> **WHAT TO DO**: Using the entries below, write out the line with "fn put_digests<G: Digest>(elements: Elements, area: &mut", the line with "let mut stop = 0;", and every line in between, exactly as each is written.

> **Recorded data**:

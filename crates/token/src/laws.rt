//! What the definitions give together.
ghost use Rattle.token.specs.Laws.{NeverUntold, NeverBoth};

/// What tells something, and what is a token, is not at fault.
pub fn laws_hold() -> bool
    ensures never_untold { NeverUntold }
    ensures never_both { NeverBoth }
{
    true
}
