//! Digests, made and compared.
ghost use Rattle.std.specs.Prelude.{◌≡◌, ℕ, ◌*◌, ◌≤◌, List, map, length};
ghost use Rattle.der.specs.Trees.{Tree, encode};
ghost use Rattle.index.specs.Puts.{Put};
ghost use Rattle.index.specs.Standing.{Stand};
ghost use Rattle.matching.specs.Lists.{digests_bytes, digests_in, holds as Holds};

use super::Digests;
use digest::interface::Digest;
use index::{Elements, put_digest};

/// Puts the digest of each element, one behind another from the area's front on.
fn put_digests<G: Digest>(elements: Elements, area: &mut [u8]) -> usize
    requires { elements.count * G.size ≤ length area.old }
    ensures { (ts : List Tree) → Stand elements.entry ts → Put area.old area.new 0 (digests_bytes G.value ts) result }
{
    let mut stop = 0;
    // As entries are put in `index`: one function for both would take the writing as a closure over the area.
    for element in elements {
        stop = put_digest::<G>(area, stop, element.whole());
    }
    stop
}

impl Digests {
    /// The digests of the elements that stand there, at most 64.
    pub fn of<G: Digest>(elements: Elements) -> Digests
        requires { elements.count ≤ 64 }
        ensures { (ts : List Tree) → Stand elements.entry ts → digests_in result ≡ map G.value (map encode ts) }
    {
        let mut bytes = [0u8; 4096];
        put_digests::<G>(elements, &mut bytes);
        Digests {
            bytes,
            size: G::width(),
            count: elements.count,
        }
    }

    /// Whether one of them is these bytes.
    pub fn holds(&self, wanted: &[u8]) -> bool
        ensures { result ≡ Holds (digests_in self.now) wanted.now }
    {
        self.bytes[..self.count * self.size]
            .chunks_exact(self.size)
            .any(|digest| digest == wanted)
    }
}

> **RESPONSE TO THIS TASK**:
fn put_digests<G: Digest>(elements: Elements, area: &mut [u8]) -> usize
    requires { elements.count * G.size ≤ length area.old }
    ensures { (ts : List Tree) → Stand elements.entry ts → Put area.old area.new 0 (digests_bytes G.value ts) result }
{
    let mut stop = 0;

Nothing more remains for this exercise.